Nitratbelastung: Klötze-Nord sticht hervor

Hatte als erster auf die hohen Nitratwerte in Klötze-Nord aufmerksam gemacht: Harald Gülzow vom Verein VSR-Gewässerschutz.

mit Klötze / Magdeburg. In Sachsen-Anhalt wird der Grenzwert für Nitrat im Grundwasser von 50 Milligramm pro Liter an 20 Prozent der Messstellen überschritten. Dies belegt die Antwort der Landesregierung auf eine Kleine Anfrage der Landtagsfraktion Bündnis 90/Die Grünen.

„Die Antworten der Landesregierung“, so stellt die agrarpolitische Sprecherin der Fraktion, Dorothea Frederking, fest, „geben keinen Aufschluss darüber, warum die Nitratwerte teilweise über 50 Milligramm pro Liter liegen“.

Besonders bedenklich seien laut Frederking Spitzenwerte wie die 144 Milligramm pro Liter Nitrat, die in einem oberflächennahen Brunnen in Klötze-Nord festgestellt wurden. „Die Landesregierung tut dies ab mit der Begründung, der Brunnen sei nicht Teil des Landesmessnetzes. Das gibt Anlass zu Befürchtungen, dass das Nitratproblem noch weit größer ist als es die offiziellen Messungen widerspiegeln“, so die Grünen-Landtagsabgeordnete.
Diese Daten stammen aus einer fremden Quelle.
// What one worker keeps of the directory.
ghost use Rattle.std.specs.Prelude.{◌≡◌, ◌==◌, ◌≤◌, ℕ, IfNone, IfOk, IfSome, IsSome, None, OnErr, OnOk, Some};
ghost use Rattle.std.specs.List.{list_any};
ghost use Rattle.std.specs.BTreeMap.{IsEmpty, IsUnchanged};
ghost use Rattle.bosh_ports.specs.Faults.{HasRisen};
ghost use Rattle.parked_gate.specs.Passes.{Calls, Grows, IsPassOf, Looks, known};
ghost use Rattle.parked_gate.specs.Waits.{OnSilent};
ghost use Rattle.session_core.specs.Journal.{IsAllowed};
ghost use Rattle.session_journal.specs.Calls.{call_in};
ghost use Rattle.session_journal.specs.Seen.{Answers, IsStateAfter, RepliesTo};
ghost use Rattle.session_table.specs.History.{live_at};
ghost use Rattle.session_table.specs.Purses.{Holds, IsFound, IsNotHeld, IsNumberOf, KeepsLive, OpensInto, OpensOrNot, OthersStay, StaysBeside, StaysOrComes, Turned, WasAsked, found_of, held};
ghost use Rattle.session_table.specs.Replies.{MayOpen};
ghost use Rattle.session_table.specs.Serving.{PollsAs, WaitsAs};

use crate::calls::{
    DirectoryCall, DirectoryReply, LiveSession, NewSession, Opened, Question as Asked,
};
use crate::directory::Directory;
use crate::handle::SessionHandle;
use crate::opening::Opening;
use crate::sid::number_in;
use bosh_ports::Bell;
use bosh_types::{Text, Ticket};
use parked_gate::{Gate, Pass, Waited};
use session_journal::{Answer, Call, Found, Question, Reply, State};
use std::alloc::{AllocError, Global};
use std::collections::BTreeMap;
use std::sync::Wait;

/// A worker's pass of the directory, and handles of the sessions that it serves, by their opening numbers.
#[derive(Drop)]
pub struct Purse {
    pub directory: Pass<Directory>,
    pub sessions: BTreeMap<u64, SessionHandle>,
}

impl Purse {
    /// No session is held. It takes no memory.
    pub fn new(alloc: Global, directory: Pass<Directory>) -> Purse
        ensures directory { result.directory ≡ directory }
        ensures empty { IsEmpty result.sessions }
    {
        Purse {
            directory,
            sessions: BTreeMap::new(alloc),
        }
    }

    /// The opening number under which the session of this name is held.
    fn held_as(&self, sid: &[u8]) -> Option<u64>
        ensures held { IfSome result (λ number. Holds self.now.sessions number sid.now) }
        ensures of_name { IfSome result (λ number. IsNumberOf sid.now number) }
        ensures not_held { IfNone result (IsNotHeld self.now.sessions sid.now) }
    {
        let sessions = &self.sessions;
        let Some(number) = number_in(sid) else {
            return None;
        };
        let Some(session) = sessions.get(&number) else {
            return None;
        };
        if session.sid.as_slice() == sid {
            return Some(number);
        }
        None
    }

    /// Holds this handle under its session's opening number. Where there is no memory it is dropped.
    fn hold(&mut self, session: SessionHandle) -> Result<u64, AllocError>
        ensures number { IfOk result (λ number. number ≡ session.number) }
        ensures held { OnOk result (held self.new.sessions session.number ≡ Some session) }
        ensures others { OthersStay session.number self.old.sessions self.new.sessions }
        ensures err { OnErr result (IsUnchanged self.old.sessions self.new.sessions) }
        ensures directory { self.new.directory ≡ self.old.directory }
    {
        let number = session.number;
        self.sessions.insert(number, session)?;
        Ok(number)
    }

    /// The opening number under which the session of this name is held from now on: the directory is asked for it where it
    /// isn't held yet. None exactly where the directory, asked now, has no live session of that name. The only error is want of
    /// memory.
    pub fn find<R: Wait>(
        &mut self,
        rt: &R,
        alloc: Global,
        directory: &Gate<Directory>,
        sid: &[u8],
    ) -> Result<Option<u64>, AllocError>
        requires { IsPassOf directory.now self.old.directory }
        ensures pass { IsPassOf directory.now self.new.directory }
        ensures grows { Grows (known self.old.directory) (known self.new.directory) }
        ensures found { IfOk result (λ found. IfSome found (λ number. IsFound self.old.sessions self.new.sessions number sid.now)) }
        ensures kept { IfOk result (λ found. IfSome found (λ number. StaysOrComes (known self.new.directory).seen self.old.sessions self.new.sessions number sid.now)) }
        ensures unknown { IfOk result (λ found. IfNone found (IsUnchanged self.old.sessions self.new.sessions
            × Calls (λ e. e.caller) (λ before made. (made ≡ None) × (live_at before sid.now ≡ None)) (known self.old.directory) (known self.new.directory))) }
        ensures err { OnErr result (IsUnchanged self.old.sessions self.new.sessions) }
    {
        if let Some(number) = self.held_as(sid) {
            return Ok(Some(number));
        }
        self.ask(rt, alloc, directory, sid)
    }

    /// Asks the directory for the session of this name, and holds its handle where it is live.
    fn ask<R: Wait>(
        &mut self,
        rt: &R,
        alloc: Global,
        directory: &Gate<Directory>,
        sid: &[u8],
    ) -> Result<Option<u64>, AllocError>
        requires pass { IsPassOf directory.now self.old.directory }
        requires not_held { IsNotHeld self.old.sessions sid.now }
        ensures pass { IsPassOf directory.now self.new.directory }
        ensures grows { Grows (known self.old.directory) (known self.new.directory) }
        ensures found { IfOk result (λ found. IfSome found (λ number. IsFound self.old.sessions self.new.sessions number sid.now)) }
        ensures kept { IfOk result (λ found. IfSome found (λ number. StaysOrComes (known self.new.directory).seen self.old.sessions self.new.sessions number sid.now)) }
        ensures unknown { IfOk result (λ found. IfNone found (IsUnchanged self.old.sessions self.new.sessions
            × Calls (λ e. e.caller) (λ before made. (made ≡ None) × (live_at before sid.now ≡ None)) (known self.old.directory) (known self.new.directory))) }
        ensures err { OnErr result (IsUnchanged self.old.sessions self.new.sessions) }
    {
        let sid = Text::from_vec(Vec::from_slice(alloc, sid)?);
        let reply = directory.call(rt, &mut self.directory, DirectoryCall::Find { sid })?;
        match found_in(reply) {
            Some(session) => {
                let number = self.hold(session)?;
                Ok(Some(number))
            }
            None => Ok(None),
        }
    }

    /// Opens a session for the creation, and holds its handle. The only error is want of memory; the session may be open then,
    /// and held by nobody.
    pub fn open<R: Wait>(
        &mut self,
        rt: &R,
        directory: &Gate<Directory>,
        opening: Opening,
    ) -> Result<NewSession, AllocError>
        requires pass { IsPassOf directory.now self.old.directory }
        requires may { MayOpen opening }
        ensures pass { IsPassOf directory.now self.new.directory }
        ensures number { (known self.new.directory).number ≡ (known self.old.directory).number }
        ensures opened { IfOk result (λ new.
            Calls (λ e. e.caller) (λ before made. OpensInto before opening new self.new.sessions made) (known self.old.directory) (known self.new.directory)) }
        ensures others { IfOk result (λ new. StaysBeside new self.old.sessions self.new.sessions) }
        ensures err { OnErr result (IsUnchanged self.old.sessions self.new.sessions
            × Calls (λ e. e.caller) (λ before made. OpensOrNot before opening made) (known self.old.directory) (known self.new.directory)) }
    {
        let reply = directory.call(rt, &mut self.directory, DirectoryCall::Open(opening))?;
        match reply {
            DirectoryReply::Opened(Opened { session, answer }) => {
                session.note_first(rt);
                let number = self.hold(session)?;
                Ok(NewSession::Opened { number, answer })
            }
            DirectoryReply::TableFull => Ok(NewSession::TableFull),
            DirectoryReply::OpeningsSpent => Ok(NewSession::OpeningsSpent),
            DirectoryReply::Found(_) => unreachable!(),
            DirectoryReply::Removed => unreachable!(),
            DirectoryReply::Unknown => unreachable!(),
        }
    }

    /// Asks the directory which sessions are live, and lets all others go. The only error is want of memory, and then all are
    /// held on.
    pub fn drop_removed<R: Wait>(
        &mut self,
        rt: &R,
        directory: &Gate<Directory>,
    ) -> Result<(), AllocError>
        requires { IsPassOf directory.now self.old.directory }
        ensures pass { IsPassOf directory.now self.new.directory }
        ensures grows { Grows (known self.old.directory) (known self.new.directory) }
        ensures asked { WasAsked (known self.old.directory) (known self.new.directory) }
        ensures live { OnOk result (KeepsLive (known self.new.directory).seen self.old.sessions self.new.sessions) }
        ensures err { OnErr result (IsUnchanged self.old.sessions self.new.sessions) }
    {
        let live = directory.look(rt, &mut self.directory, &Asked::Live)?;
        let live = live.as_slice();
        self.sessions.retain(|number, _| is_among(live, *number));
        Ok(())
    }

    /// Lets the session with this opening number go.
    pub fn let_go(&mut self, number: u64)
        ensures gone { held self.new.sessions number ≡ None }
        ensures others { OthersStay number self.old.sessions self.new.sessions }
        ensures directory { self.new.directory ≡ self.old.directory }
    {
        self.sessions.remove(&number);
    }

    /// Lets every session go, so that whoever is idle keeps none of them in memory. One that is wanted again is found again.
    pub fn let_all_go(&mut self)
        ensures none { (number : ℕ) → held self.new.sessions number ≡ None }
        ensures directory { self.new.directory ≡ self.old.directory }
    {
        self.sessions.clear();
    }

    /// Makes a call of the session with this opening number. The only error is want of memory.
    pub fn call<R: Wait>(&mut self, rt: &R, number: u64, call: Call) -> Result<Reply, AllocError>
        requires held { IsSome (held self.old.sessions number) }
        requires may { IsAllowed (call_in call) }
        ensures called { Turned number self.old.sessions self.new.sessions (Calls (λ e. e.caller) (λ before made. RepliesTo before call result made)) }
        ensures others { OthersStay number self.old.sessions self.new.sessions }
        ensures directory { self.new.directory ≡ self.old.directory }
    {
        match self.sessions.get_mut(&number) {
            Some(session) => session.call(rt, call),
            None => unreachable!(),
        }
    }

    /// Asks the session with this opening number. The only error is want of memory.
    pub fn look<R: Wait>(
        &mut self,
        rt: &R,
        number: u64,
        question: &Question,
    ) -> Result<Answer, AllocError>
        requires { IsSome (held self.old.sessions number) }
        ensures looked { Turned number self.old.sessions self.new.sessions (Looks (λ seen. Answers seen question.now result)) }
        ensures others { OthersStay number self.old.sessions self.new.sessions }
        ensures directory { self.new.directory ≡ self.old.directory }
    {
        match self.sessions.get_mut(&number) {
            Some(session) => session.look(rt, question),
            None => unreachable!(),
        }
    }

    /// What there is to do for the session with this opening number, and whether it has ended. It takes no memory.
    pub fn state<R: Wait>(&mut self, rt: &R, number: u64) -> State
        requires { IsSome (held self.old.sessions number) }
        ensures looked { Turned number self.old.sessions self.new.sessions (Looks (λ seen. IsStateAfter seen result)) }
        ensures others { OthersStay number self.old.sessions self.new.sessions }
        ensures directory { self.new.directory ≡ self.old.directory }
    {
        match self.sessions.get_mut(&number) {
            Some(session) => session.state(rt),
            None => unreachable!(),
        }
    }

    /// What there is for a ticket of the session with this opening number: none where its request waits on. It takes no memory.
    pub fn poll<R: Wait>(&mut self, rt: &R, number: u64, ticket: Ticket) -> Option<Found>
        requires { IsSome (held self.old.sessions number) }
        ensures polled { Turned number self.old.sessions self.new.sessions (PollsAs ticket result) }
        ensures others { OthersStay number self.old.sessions self.new.sessions }
        ensures directory { self.new.directory ≡ self.old.directory }
    {
        match self.sessions.get_mut(&number) {
            Some(session) => session.poll(rt, ticket),
            None => unreachable!(),
        }
    }

    /// Waits at the bell until there is something for the ticket, or the bell is silent. It takes no memory.
    pub fn wait_for<R: Wait, B: Bell>(
        &mut self,
        rt: &R,
        number: u64,
        ticket: Ticket,
        bell: &mut B,
    ) -> Waited<Found>
        requires { IsSome (held self.old.sessions number) }
        ensures waited { Turned number self.old.sessions self.new.sessions (WaitsAs ticket result) }
        ensures others { OthersStay number self.old.sessions self.new.sessions }
        ensures directory { self.new.directory ≡ self.old.directory }
        ensures silent_only_at_bell { OnSilent result (HasRisen (B.silences bell.old) (B.silences bell.new)) }
        ensures bell { B.silences bell.old ≤ B.silences bell.new }
    {
        match self.sessions.get_mut(&number) {
            Some(session) => session.wait_for(rt, ticket, bell),
            None => unreachable!(),
        }
    }
}

/// The session that was found.
fn found_in(reply: DirectoryReply) -> Option<SessionHandle>
    ensures { result ≡ found_of reply }
{
    match reply {
        DirectoryReply::Found(session) => Some(session),
        DirectoryReply::Opened(_) => None,
        DirectoryReply::TableFull => None,
        DirectoryReply::OpeningsSpent => None,
        DirectoryReply::Removed => None,
        DirectoryReply::Unknown => None,
    }
}

/// Whether a session with this opening number is among these.
fn is_among(sessions: &[LiveSession], number: u64) -> bool
    ensures { result ≡ list_any (λ session. session.number == number) sessions.now }
{
    sessions.iter().any(|session| session.number == number)
}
„Bei den Messstellen ist nicht klar, ob oberflächennahe oder tiefere Grundwasserleiter beprobt wurden. Hier werden wir noch einmal nachhaken“, so Frederking. Hintergrund: In tieferen Grundwasserstockwerken ist die Belastung in der Regel geringer – während Grundwasserleiter in Oberflächennähe oft durch Einträge aus der Landwirtschaft belastet sind. Frederking: „Die Nitratwerte können also an vielen Stellen viel höher sein als gemessen wurde.“ [...]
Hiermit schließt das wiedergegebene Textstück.